Allerdings scheint der Server überlastet, oft kommt eine
Fehlermeldung *no access alex*, aber wenn es 
funktioniert, kommt innerhalb ein paar Minuten der
Gutschein-Code per E-Mail.

Und mit dem aktuellen Opera 9.52 ging es bei mir nicht.


----------



## Cerberus (1 September 2008)

Habe den Gutschein am Wochenende mal angefordert und erhalten.

Hast du eigentlich schon irgendwelche Erfahrungen mit diesen Fotobüchern gemacht? Würde mich mal interessieren wie es so mit der Qualität aussieht!


----------



## maweri (1 September 2008)

*SUPER-Qualität!!!*

Habe für meine Oma so'n Buch als Weihnachtsgeschenk machen lassen. War über dm-digi-foto, aber die arbeiten (glaub' ich) mit CEWE zusammen.

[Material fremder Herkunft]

//! The names that are bound in the whole of a list of declarations.
ghost use Rattle.std.specs.Prelude.{◌≡◌, map, OnOk};
ghost use Rattle.abstract_tree.specs.TreeView.{declarations, plain_declaration, plain_declaration_form};
ghost use Rattle.type_scopes.specs.Scopes.{seen};
ghost use Rattle.proper_types.specs.Passing.{Ready};
ghost use Rattle.typed_patterns.specs.Binding.{Pushes};
ghost use Rattle.signatures.specs.Naming.{no_more, signature_of};
ghost use Rattle.list_signatures.specs.Listing.{signatures_of};

use abstract_tree::{Declaration, DeclarationForm};
use met_types::Types;
use shareable_types::Sharing;
use signatures::{class_signature, function_signature, method_signature};
use type_judgements::Refusal;
use type_scopes::TypeScope;
use value_scopes::ValueScope;

/// The name that one declaration binds in its whole list.
fn declared(
    scope: &mut TypeScope,
    types: &mut Types,
    sharing: &mut Sharing,
    names: &mut ValueScope,
    form: &DeclarationForm<u32>,
) -> Result<(), Refusal>
    requires { Ready types.old sharing.old }
    ensures scope { OnOk result (scope.new ≡ scope.old) }
    ensures judged { Pushes (signature_of (seen scope.old) (plain_declaration_form form.now)) types.old types.new sharing.new names.old names.new no_more result }
{
    match form {
        DeclarationForm::Func(name, signature, _) => {
            function_signature(scope, types, sharing, names, name, signature)
        }
        DeclarationForm::Class(name, signature, _) => {
            class_signature(scope, types, sharing, names, name, signature)
        }
        DeclarationForm::Method(query, _, name, signature, _) => {
            method_signature(scope, types, sharing, names, *query, name, signature)
        }
        DeclarationForm::Let(_, _) => Ok(()),
        DeclarationForm::Var(_, _, _, _) => Ok(()),
        DeclarationForm::System(_, _) => Ok(()),
        DeclarationForm::TypeAlias(_, _, _) => Ok(()),
        DeclarationForm::NamedObject(_, _) => Ok(()),
        DeclarationForm::Evaluate(_) => Ok(()),
    }
}

/// Whether the signatures of a list's functions, classes and public functions are as they have to be, where the types that it
/// defines are in scope: Motoko language manual, sections "Function declaration", "Class declaration" and "Shared functions". It
/// binds their names in front of the others, the last of the list first. `False` names the first condition that is false, and its
/// place; the names of values and of types are then of no use.
pub fn signatures(
    scope: &mut TypeScope,
    types: &mut Types,
    sharing: &mut Sharing,
    names: &mut ValueScope,
    list: &[Declaration<u32>],
) -> Result<(), Refusal>
    requires { Ready types.old sharing.old }
    ensures scope { OnOk result (scope.new ≡ scope.old) }
    ensures judged { Pushes (signatures_of (seen scope.old) (declarations (map plain_declaration list.now))) types.old types.new sharing.new names.old names.new no_more result }
{
    for one in list {
        declared(scope, types, sharing, names, one.form.get())?;
    }
    Ok(())
}
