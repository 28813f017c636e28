//! The abstract syntax of a program.
ghost use Rattle.std.specs.Prelude.{◌≡◌, ◌+◌, IfOk, None, Some, map};
ghost use Rattle.typing_rules.specs.AbstractExpressions as rules;
ghost use Rattle.typing_rules.specs.AbstractExpressions.{in_expression, signature_span};
ghost use Rattle.typing_rules.specs.AbstractPrograms.{abstract, in_context, in_field, in_prefix, in_sort, method_span};
ghost use Rattle.mo_syntax.specs.declared.program.ActorField.TheVariants as field;
ghost use Rattle.mo_syntax.specs.declared.program.Context.TheVariants as context;
ghost use Rattle.abstract_type_walk.specs.Stands.{Stands};
ghost use Rattle.abstract_programs.specs.ProgramWalks.{AreImports, IsActorName, IsContext, IsPrefix};
ghost use Rattle.abstract_tree.specs.TreeView.{declarations, plain_declaration, plain_program};
ghost use Rattle.abstract_parts.specs.TreeWalks.{in_object};

use abstract_expression_walk::{abstract_declaration, abstract_expression};
use abstract_pattern_walk::{abstract_object_pattern, abstract_pattern, abstract_public_signature};
use abstract_tree::{Declaration, DeclarationForm, Import, Program, make_declaration};
use abstract_type_walk::abstract_annotation;
use abstract_types::{Pattern, count_if, number_behind, placed_name};
use mo_num::{Bytes, Memory};
use mo_syntax::{
    ActorField, Context, Declaration as WrittenDeclaration, Expression as WrittenExpression,
    Import as WrittenImport, Items, Name, Node, PatternField, SharedFunction, SharedPrefix,
    SharedSort, Tree, TypeExpression,
};
use std::alloc::Global;

fn object_context(
    alloc: Global,
    fields: &Items<Node<PatternField>>,
    last: bool,
    at: u32,
) -> Result<(Option<Pattern<u32>>, u32), Memory>
    ensures { IfOk result (IsContext (in_context (Some (context.Object fields.now last))) at) }
{
    let (pattern, behind) = abstract_object_pattern(alloc, fields, last, at)?;
    Ok((Some(pattern), behind))
}

/// The pattern of the context of a call, where it stands.
fn abstract_context(
    alloc: Global,
    context: &Option<Context>,
    at: u32,
) -> Result<(Option<Pattern<u32>>, u32), Memory>
    ensures { IfOk result (IsContext (in_context context.now) at) }
{
    match context {
        None => Ok((None, at)),
        Some(Context::Parenthesized(q)) => {
            let (pattern, close) = abstract_pattern(alloc, q.get(), at, 1)?;
            Ok((Some(pattern), number_behind(close, 1)?))
        }
        Some(Context::Object(fields, last)) => object_context(alloc, fields, *last, at),
    }
}

/// How many words stand before `func`, and whether `query` is one of them.
fn sort_words(sort: SharedSort) -> (u32, bool)
    ensures words { result.0 ≡ (in_sort sort None).words }
    ensures query { result.1 ≡ (in_sort sort None).query }
{
    match sort {
        SharedSort::Shared => (1, false),
        SharedSort::SharedQuery => (2, true),
        SharedSort::Query => (1, true),
    }
}

/// What stands before `func`: whether it is a query, and the pattern of the context.
fn abstract_prefix(
    alloc: Global,
    prefix: &Option<SharedPrefix>,
    at: u32,
) -> Result<(bool, Option<Pattern<u32>>, u32), Memory>
    ensures { IfOk result (IsPrefix (in_prefix prefix.now) at) }
{
    match prefix {
        None => Ok((false, None, at)),
        Some(prefix) => {
            let (words, query) = sort_words(prefix.sort);
            let (context, behind) = abstract_context(
                alloc,
                &prefix.context,
                number_behind(at, words)?,
            )?;
            Ok((query, context, behind))
        }
    }
}

/// A public function of the actor.
fn method(
    alloc: Global,
    written: &SharedFunction,
    at: u32,
) -> Result<(Declaration<u32>, u32), Memory>
    ensures { IfOk result (Stands plain_declaration (in_object (method_span (in_prefix written.now.prefix) written.now.name (signature_span None written.now.parameters (Some written.now.result) written.now.equal_sign) (in_expression written.now.body))) at) }
{
    let (query, context, word) = abstract_prefix(alloc, &written.prefix, number_behind(at, 1)?)?;
    let place = number_behind(word, 1)?;
    let name = placed_name(alloc, &written.name, place)?;
    let (signature, middle) = abstract_public_signature(
        alloc,
        &written.parameters,
        &written.result,
        written.equal_sign,
        number_behind(place, 1)?,
    )?;
    let (body, behind) = abstract_expression(alloc, written.body.get(), middle, 0)?;
    let form = DeclarationForm::Method(query, context, name, signature, body);
    Ok((make_declaration(alloc, true, at, form)?, behind))
}

/// A function that the system calls.
fn system_function(
    alloc: Global,
    name: &Name,
    equal_sign: bool,
    body: &Node<WrittenExpression>,
    at: u32,
) -> Result<(Declaration<u32>, u32), Memory>
    ensures { IfOk result (Stands plain_declaration (in_object (in_field (field.System name.now equal_sign body.now))) at) }
{
    let name = placed_name(alloc, name, number_behind(at, 2)?)?;
    let (body, behind) = abstract_expression(alloc, body.get(), at, 5 + count_if(equal_sign))?;
    let form = DeclarationForm::System(name, body);
    Ok((make_declaration(alloc, false, at, form)?, behind))
}

/// A declaration of the actor, with `private` before it or not.
fn declared(
    alloc: Global,
    private: bool,
    d: &Node<WrittenDeclaration>,
    at: u32,
) -> Result<(Declaration<u32>, u32), Memory>
    ensures { IfOk result (Stands plain_declaration (in_object (in_field (field.Declared private d.now))) at) }
{
    let (form, behind) = abstract_declaration(alloc, d.get(), at, count_if(private))?;
    Ok((make_declaration(alloc, false, at, form)?, behind))
}

/// A stable variable.
fn stable_variable(
    alloc: Global,
    private: bool,
    name: &Name,
    kind: &Option<Node<TypeExpression>>,
    a: &Node<WrittenExpression>,
    at: u32,
) -> Result<(Declaration<u32>, u32), Memory>
    ensures { IfOk result (Stands plain_declaration (in_object (in_field (field.Stable private name.now kind.now a.now))) at) }
{
    let place = number_behind(at, 2 + count_if(private))?;
    let name = placed_name(alloc, name, place)?;
    let (annotation, mark) = abstract_annotation(alloc, kind, place, 1)?;
    let (value, behind) = abstract_expression(alloc, a.get(), mark, 1)?;
    let form = DeclarationForm::Var(true, name, annotation, value);
    Ok((make_declaration(alloc, false, at, form)?, behind))
}

fn actor_field(
    alloc: Global,
    field: &ActorField,
    at: u32,
) -> Result<(Declaration<u32>, u32), Memory>
    ensures { IfOk result (Stands plain_declaration (in_object (in_field field.now)) at) }
{
    match field {
        ActorField::Public(function) => method(alloc, function.get(), at),
        ActorField::System(name, equal_sign, body) => system_function(
            alloc,
            name,
            *equal_sign,
            body,
            at,
        ),
        ActorField::Declared(private, d) => declared(alloc, *private, d, at),
        ActorField::Stable(private, name, kind, a) => stable_variable(
            alloc, *private, name, kind, a, at,
        ),
    }
}

/// The field behind so many tokens.
fn field_behind(
    alloc: Global,
    field: &Node<ActorField>,
    at: u32,
    tokens: u32,
) -> Result<(Declaration<u32>, u32), Memory>
    ensures { IfOk result (Stands plain_declaration (in_object (in_field field.now)) (at + tokens)) }
{
    actor_field(alloc, field.get(), number_behind(at, tokens)?)
}

fn actor_fields(
    alloc: Global,
    fields: &[Node<ActorField>],
    at: u32,
    tokens: u32,
) -> Result<Items<Declaration<u32>>, Memory>
    ensures { IfOk result (λ made. declarations (map plain_declaration made) ≡ rules.members (map in_field fields.now) (at + tokens)) }
{
    let mut next = number_behind(at, tokens)?;
    let mut mark = 0;
    let mut made = Items::new(alloc);
    for one in fields {
        let (field, behind) = field_behind(alloc, one, next, mark)?;
        made.push(field)?;
        next = behind;
        mark = 1;
    }
    Ok(made)
}

fn import(alloc: Global, written: &WrittenImport) -> Result<Import, Memory>
    ensures { IfOk result (λ made. (made.name ≡ written.now.name.bytes) × (made.path ≡ written.now.path.bytes)) }
{
    Ok(Import {
        name: Bytes::from_slice(alloc, written.name.as_slice())?,
        path: Bytes::from_slice(alloc, written.path.as_slice())?,
    })
}

/// The imports, and how many tokens they are.
fn abstract_imports(
    alloc: Global,
    written: &[Node<WrittenImport>],
) -> Result<(Items<Import>, u32), Memory>
    ensures { IfOk result (AreImports written.now) }
{
    let mut made = Items::new(alloc);
    let mut next = 0;
    for one in written {
        made.push(import(alloc, one.get())?)?;
        next = number_behind(next, 4 + count_if(one.get().equal_sign))?;
    }
    Ok((made, next))
}

/// The actor's name, where it has one, and how many tokens it is.
fn actor_name(alloc: Global, name: &Option<Name>) -> Result<(Option<Bytes>, u32), Memory>
    ensures { IfOk result (IsActorName name.now) }
{
    match name {
        None => Ok((None, 0)),
        Some(name) => Ok((Some(Bytes::from_slice(alloc, name.as_slice())?), 1)),
    }
}

/// The abstract syntax of the program. The recursion is as deep as the tree.
pub fn abstract_program(alloc: Global, tree: &Tree) -> Result<Program<u32>, Memory>
    ensures { IfOk result (λ made. plain_program made ≡ abstract tree.now) }
{
    let (imports, word) = abstract_imports(alloc, tree.imports.as_slice())?;
    let actor = tree.actor.get();
    let (name, words) = actor_name(alloc, &actor.name)?;
    let brace = number_behind(word, 1 + words + count_if(actor.equal_sign))?;
    let fields = actor_fields(alloc, actor.fields.as_slice(), brace, 1)?;
    Ok(Program {
        imports,
        name,
        fields,
    })
}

Ich war total begeistert. Wenn man sich die Mühe macht und etwas mit den Einstellungen (Einband, Hintergrund, Bilder pro Seite, Text usw.) rumspielt, kommt ein 1A-Ergebnis raus. 
Schön fand ich, das einzelne Fotos überlappen können und man von den Originalfotos Ausschnitte machen. Fand den Preis (auch ohne Gutschein) absolut fair.


----------



## Cerberus (1 September 2008)

Wenn das so ist, dann werde ich es auch einmal ausprobieren!


----------



## blasterbock (1 September 2008)

Seit Freitag Abend versuche ich da was zu bekommen, aber es geht nichts mehr. Alle Bücher sind vergriffen.
@cerberus, muss man da noch irgendeinen Spruch murmeln, wie "Sesam öffne Dich" ?


----------



## Cerberus (1 September 2008)

Ne also bei mir gings ohne Zauberformel. Hab den Gutschein allerdings auch schon am Freitag so gegen 18.30 Uhr beantragt. Wann hast du es zum ersten Mal versucht?


----------



## blasterbock (1 September 2008)

War schon spät, ca. 21 Uhr.
Na ja, wer zu spät kommt, den bestraft das Leben.


----------



## Cerberus (1 September 2008)

Also soweit ich mich erinnern konnte, waren einige Teilbereiche schon bei mir vergriffen. Allerdings gab es auch andere, bei denen noch bis zu 200 Gutscheine verfügbar waren. Entweder wolltest du den falschen Bereich oder die letzten gingen weg wie warme Semmeln.


----------



## blasterbock (1 September 2008)

Es waren alle Teilbereiche vergriffen.
Das mit den warmen Semmeln trifft wohl zu.


----------



## Cerberus (1 September 2008)

Schade!!
Hätte nicht erwartet, dass es so schnell geht!


----------